Dataset entries:
┌──
impl<F: Fact + Drop> Pyramid<F> {
    /// No facts, and room for so many that aren't flushed.
    pub fn new(alloc: Global, room: usize) -> Result<Self, NoMemory>
        ensures { IfOk result (λ p. (p.patches ≡ []) × (p.unflushed ≡ []) × (p.room ≡ room)) }
    {
        Ok(Pyramid {
            patches: Vec::new(alloc),
            unflushed: Vec::with_capacity(alloc, room)?,
        })
    }

    /// The table of patches whose numbers are known to rise, the oldest first, in which no fact is unflushed. It takes no memory.
    pub fn from_patches(alloc: Global, patches: Vec<Patch<F>>) -> Self
        requires { Rises F.number patches.items [] }
        ensures patches { result.patches ≡ patches.items }
        ensures unflushed { (result.unflushed ≡ []) × (result.room ≡ 0) }
        ensures patch_room { result.patch_room ≡ vec_capacity patches - vec_len patches }
        ensures layered { IsLayered F.key F.number result.patches result.unflushed }
    {
        all_ascend(&patches);
        Pyramid {
            patches,
            unflushed: Vec::new(alloc),
        }
    }

    /// Reserves room for so many more facts that aren't flushed. Nothing else changes, whatever is answered.
    pub fn reserve(&mut self, additional: usize) -> Result<(), NoMemory>
        ensures room { OnOk result (additional ≤ self.new.room) }
        ensures room_left { self.old.room ≤ self.new.room }
        ensures rest { self.new ≡ record self.old { room = self.new.room } }
    {
        self.unflushed.reserve(additional)?;
        Ok(())
    }

    /// The facts that aren't flushed, by key and number.
    pub fn unflushed(&self) -> &[F]
        ensures { result.now ≡ self.now.unflushed }
    {
        &self.unflushed
    }

    /// The patches, the oldest first.
    pub fn patches(&self) -> &[Patch<F>]
        ensures { result.now ≡ self.now.patches }
    {
        &self.patches
    }

    /// The newest fact of a key, whether it is empty or elided.
    fn newest_of_all(&self, key: u128) -> Option<F>
        ensures { result ≡ newest_of F.key F.number key (facts_in self.now) }
    {
        match newest_in(&self.unflushed, key) {
            Some(fact) => Some(fact),
            None => newest_flushed(&self.patches, key),
        }
    }

    /// What the facts say at a key: its newest fact, unless that is empty or its id lies in one of the elided ranges.
    pub fn newest(&self, key: u128, elided: &[(u64, u64)]) -> Option<F>
        requires { AreApart elided.now }
        ensures { result ≡ says F.key F.number F.empty (facts_in self.now) (is_within elided.now) key }
    {
        if is_within(elided, id_of(key)) {
            return None;
        }
        match self.newest_of_all(key) {
            Some(fact) => if fact.is_empty() { None } else { Some(fact) },
            None => None,
        }
    }

    /// What the facts say at the keys from the first to the last, by ascending key: two searches a patch, and a walk.
    pub fn range(
        &self,
        alloc: Global,
        from: u128,
        to: u128,
        elided: &[(u64, u64)],
    ) -> Result<Vec<F>, NoMemory>
        requires { AreApart elided.now }
        ensures ascends { IfOk result (λ v. Ascends F.key v.items) }
        ensures facts { IfOk result (λ v. (f : F) → Contains v.items f ↔ ((from ≤ F.key f) × (F.key f ≤ to) × (says F.key F.number F.empty (facts_in self.now) (is_within elided.now) (F.key f) ≡ Some f))) }
    {
        let older = gathered(alloc, &self.patches, from, to)?;
        let newer = newest_of_each(alloc, span(&self.unflushed, from, to))?;
        merge_facts(alloc, &older, &newer, true, elided)
    }

    /// The newest facts of as many keys as there are places, from this one on, whether they are empty or elided:
    /// a search a patch, and a walk. It takes no memory.
    pub fn newest_from(&self, from: u128, out: &mut [Option<F>])
        ensures { (i : ℕ) → i < length out.new → slice_index_or out.new i None ≡ newest_of F.key F.number (from + i) (facts_in self.now) }
    {
        empty_all(out);
        put_newest(&self.unflushed, from, out);
        put_missing_flushed(&self.patches, from, out);
    }

    /// The newest facts of so many keys, from this one on, whether they are empty or elided, as they lie in one patch:
    /// a search a patch. `None` where no patch has them all, and for no key.
    pub fn run_from(&self, from: u128, len: usize) -> Option<&[F]>
        ensures some { IfSome result (λ run. IsNewestRun F.key F.number (facts_in self.now) from len run.now) }
        ensures none { IfNone result (0 < len → NoneHasRun F.key F.number self.now.patches (facts_in self.now) from len) }
    {
        if len == 0 {
            return None;
        }
        if has_any(&self.unflushed, from, len) {
            None
        } else {
            run_flushed(&self.patches, from, len)
        }
    }

    /// The last fact that is said of the keys from the first to the last: two searches a patch for each key that is passed over.
    pub fn last_between(&self, from: u128, to: u128, elided: &[(u64, u64)]) -> Option<F>
        requires { AreApart elided.now }
        ensures found { IfSome result (λ f. IsLastSaid F.key (says F.key F.number F.empty (facts_in self.now) (is_within elided.now)) from to f) }
        ensures absent { IfNone result (IsSilent (says F.key F.number F.empty (facts_in self.now) (is_within elided.now)) from to) }
    {
        let mut end = to;
        while from <= end {
            let key = last_key_of_all(&self.patches, &self.unflushed, from, end);
            if let Some(fact) = self.newest(key, elided) {
                return Some(fact);
            }
            if key == from {
                return None;
            }
            end = key - 1;
        }
        None
    }

    /// The first fact that is said of the keys from the first to the last: two searches a patch for each key that is passed over.
    pub fn first_between(&self, from: u128, to: u128, elided: &[(u64, u64)]) -> Option<F>
        requires { AreApart elided.now }
        ensures found { IfSome result (λ f. IsFirstSaid F.key (says F.key F.number F.empty (facts_in self.now) (is_within elided.now)) from to f) }
        ensures absent { IfNone result (IsSilent (says F.key F.number F.empty (facts_in self.now) (is_within elided.now)) from to) }
    {
        let mut start = from;
        while start <= to {
            let key = first_key_of_all(&self.patches, &self.unflushed, start, to);
            if let Some(fact) = self.newest(key, elided) {
                return Some(fact);
            }
            if key == to {
                return None;
            }
            start = key + 1;
        }
        None
    }

    /// What holds of the layers of each table.
    pub fn layers(&self)
        ensures { IsLayered F.key F.number self.now.patches self.now.unflushed }
    {
        let _patches = &self.patches;
    }

    /// Takes a fact in, unless it is there. It takes no memory where there is room, and an `Err` changes nothing.
    pub fn insert(&mut self, fact: F) -> Result<(), NoMemory>
        requires distinct { AreDistinct F.number (fact ∷ self.old.unflushed) }
        requires rising { All (λ f. F.number f < F.number fact) (facts_of self.old.patches) }
        ensures patches { self.new.patches ≡ self.old.patches }
        ensures facts { OnOk result ((f : F) → Contains self.new.unflushed f ↔ (Contains self.old.unflushed f ⊎ (f ≡ fact))) }
        ensures says { OnOk result ((elided : ℕ → Bool) (k : ℕ) → says F.key F.number F.empty (facts_in self.new) elided k ≡ says F.key F.number F.empty (facts_in self.old ++ fact ∷ []) elided k) }
        ensures refused { OnErr result (self.new.unflushed ≡ self.old.unflushed) }
        ensures room { 0 < self.old.room → IsOk result }
        ensures room_left { self.old.room ≤ self.new.room + 1 }
        ensures patch_room { self.new.patch_room ≡ self.old.patch_room }
    {
        insert_in_order(&mut self.unflushed, fact)
    }

    /// The first half of a flush: the patch of the unflushed facts, of each key the newest, and room for one patch more.
    /// `None` where no fact is unflushed. What the table says and holds stays.
    pub fn flushed(&mut self, alloc: Global) -> Result<Option<Patch<F>>, NoMemory>
        ensures patch { IfOk result (λ patch. IsFlushed F.key F.number self.old.unflushed (patch_facts patch)) }
        ensures patch_room { OnOk result (0 < self.new.patch_room) }
        ensures patch_room_left { self.old.patch_room ≤ self.new.patch_room }
        ensures patches { self.new.patches ≡ self.old.patches }
        ensures unflushed { self.new.unflushed ≡ self.old.unflushed }
        ensures room { self.new.room ≡ self.old.room }
    {
        self.patches.reserve(1)?;
        let newest = newest_of_each(alloc, &self.unflushed)?;
        Ok(Patch::from_facts(newest))
    }

    /// The second half of a flush: the patch is the newest one, and no fact is unflushed. It takes no memory.
    pub fn put_flushed(&mut self, patch: Option<Patch<F>>)
        requires patch_room { 0 < self.old.patch_room }
        requires patch { IsFlushed F.key F.number self.old.unflushed (patch_facts patch) }
        ensures patches { self.new.patches ≡ self.old.patches ++ patches_of patch }
        ensures unflushed { self.new.unflushed ≡ [] }
        ensures room { self.new.room ≡ self.old.room + length self.old.unflushed }
        ensures says { (elided : ℕ → Bool) (k : ℕ) → says F.key F.number F.empty (facts_in self.new) elided k ≡ says F.key F.number F.empty (facts_in self.old) elided k }
        ensures covers { Grow F.key F.number F.within (facts_in self.old) → AreCovered F.within (facts_in self.old) (facts_in self.new) }
    {
        push_patch(&mut self.patches, patch);
        self.unflushed.clear();
    }

    /// The first half of a merge: a patch and the next one as one, without what it need not keep.
    /// `None` where no fact is left.
    pub fn merged(
        &self,
        alloc: Global,
        i: usize,
        elided: &[(u64, u64)],
    ) -> Result<Option<Patch<F>>, NoMemory>
        requires there { i + 1 < length self.now.patches }
        requires apart { AreApart elided.now }
        ensures { IfOk result (λ patch. IsMerged F.key F.number F.empty F.within (i == 0) (is_within elided.now) (patch_at self.now i) (patch_at self.now (i + 1)) (patch_facts patch)) }
    {
        let mut facts = merge_facts(
            alloc,
            self.patches[i].facts(),
            self.patches[i + 1].facts(),
            i == 0,
            elided,
        )?;
        prune(&mut facts);
        Ok(Patch::from_facts(facts))
    }

    /// The second half of a merge: the patch stands in the place of the two that it is made of. It takes no memory.
    pub fn put_merged(&mut self, i: usize, patch: Option<Patch<F>>)
        requires there { i + 1 < length self.old.patches }
        requires ascends { Ascends F.key (patch_facts patch) }
        requires source { (f : F) → Contains (patch_facts patch) f → Contains (patch_at self.old i ++ patch_at self.old (i + 1)) f }
        ensures patches { self.new.patches ≡ take i self.old.patches ++ (patches_of patch ++ drop (i + 2) self.old.patches) }
        ensures unflushed { self.new.unflushed ≡ self.old.unflushed }
        ensures room { self.new.room ≡ self.old.room }
        ensures patch_room { self.old.patch_room < self.new.patch_room }
        ensures says { (elided : ℕ → Bool) → IsMerged F.key F.number F.empty F.within (i == 0) elided (patch_at self.old i) (patch_at self.old (i + 1)) (patch_facts patch) → IsApart F.within
            → SaysTheSame F.key F.number F.empty elided (facts_in self.old) (facts_in self.new) }
        ensures covers { (elided : ℕ → Bool) → IsMerged F.key F.number F.empty F.within (i == 0) elided (patch_at self.old i) (patch_at self.old (i + 1)) (patch_facts patch)
            → ((f : F) → IsTrue (stays F.key F.empty (i == 0) elided f)) → Grow F.key F.number F.within (facts_in self.old) → AreCovered F.within (facts_in self.old) (facts_in self.new) }
    {
        replace_pair(&mut self.patches, i, patch);
    }

    /// Takes in facts of ascending keys, of which none is there: the same as one by one, but each fact moves once.
    /// It takes no memory where there is room for them, and an `Err` changes nothing.
    pub fn insert_run(&mut self, run: &[F]) -> Result<(), NoMemory>
        requires ascends { Ascends F.key run.now }
        requires fresh { (f g : F) → Contains run.now f → Contains self.old.unflushed g → F.number f ≢ F.number g }
        requires rising { AreBelow F.number (facts_of self.old.patches) run.now }
        ensures patches { self.new.patches ≡ self.old.patches }
        ensures facts { OnOk result ((f : F) → Contains self.new.unflushed f ↔ (Contains self.old.unflushed f ⊎ Contains run.now f)) }
        ensures says { OnOk result ((elided : ℕ → Bool) (k : ℕ) → says F.key F.number F.empty (facts_in self.new) elided k ≡ says F.key F.number F.empty (facts_in self.old ++ run.now) elided k) }
        ensures refused { OnErr result (self.new.unflushed ≡ self.old.unflushed) }
        ensures room { length run.now ≤ self.old.room → IsOk result }
        ensures room_left { self.old.room ≤ self.new.room + length run.now }
        ensures patch_room { self.new.patch_room ≡ self.old.patch_room }
    {
        insert_all(&mut self.unflushed, run)
    }

    /// Takes the unflushed facts out that have that number or a greater one. It takes no memory.
    pub fn take_back(&mut self, from: Seq)
        ensures patches { self.new.patches ≡ self.old.patches }
        ensures unflushed { self.new.unflushed ≡ filter (λ f. nat_lt (F.number f) from.0) self.old.unflushed }
        ensures room { self.old.room ≤ self.new.room }
        ensures patch_room { self.new.patch_room ≡ self.old.patch_room }
    {
        keep_below(&mut self.unflushed, from);
    }

    /// The first half of a rewriting of a table's only patch: the patch without what it need not keep.
    /// `None` where no fact is left.
    pub fn rewritten(
        &self,
        alloc: Global,
        elided: &[(u64, u64)],
    ) -> Result<Option<Patch<F>>, NoMemory>
        requires only { length self.now.patches ≡ 1 }
        requires apart { AreApart elided.now }
        ensures { IfOk result (λ patch. IsMerged F.key F.number F.empty F.within true (is_within elided.now) [] (patch_at self.now 0) (patch_facts patch)) }
    {
        let mut facts = merge_facts(alloc, &[], self.patches[0].facts(), true, elided)?;
        prune(&mut facts);
        Ok(Patch::from_facts(facts))
    }

    /// The second half of a rewriting: the patch stands in the place of the only one. It takes no memory.
    pub fn put_rewritten(&mut self, patch: Option<Patch<F>>)
        requires only { length self.old.patches ≡ 1 }
        requires ascends { Ascends F.key (patch_facts patch) }
        requires source { (f : F) → Contains (patch_facts patch) f → Contains (patch_at self.old 0) f }
        ensures patches { self.new.patches ≡ patches_of patch }
        ensures unflushed { self.new.unflushed ≡ self.old.unflushed }
        ensures room { self.new.room ≡ self.old.room }
        ensures patch_room { self.old.patch_room ≤ self.new.patch_room }
        ensures says { (elided : ℕ → Bool) → IsMerged F.key F.number F.empty F.within true elided [] (patch_at self.old 0) (patch_facts patch) → IsApart F.within
            → SaysTheSame F.key F.number F.empty elided (facts_in self.old) (facts_in self.new) }
        ensures covers { (elided : ℕ → Bool) → IsMerged F.key F.number F.empty F.within true elided [] (patch_at self.old 0) (patch_facts patch)
            → ((f : F) → IsTrue (stays F.key F.empty true elided f)) → Grow F.key F.number F.within (facts_in self.old) → AreCovered F.within (facts_in self.old) (facts_in self.new) }
    {
        replace_only(&mut self.patches, patch);
    }
}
└──
-- Instructions to follow --
Each line in which the string "second" is found must be copied from the data.

-- Solution below --
    /// The second half of a flush: the patch is the newest one, and no fact is unflushed. It takes no memory.
    /// The second half of a merge: the patch stands in the place of the two that it is made of. It takes no memory.
    /// The second half of a rewriting: the patch stands in the place of the only one. It takes no memory.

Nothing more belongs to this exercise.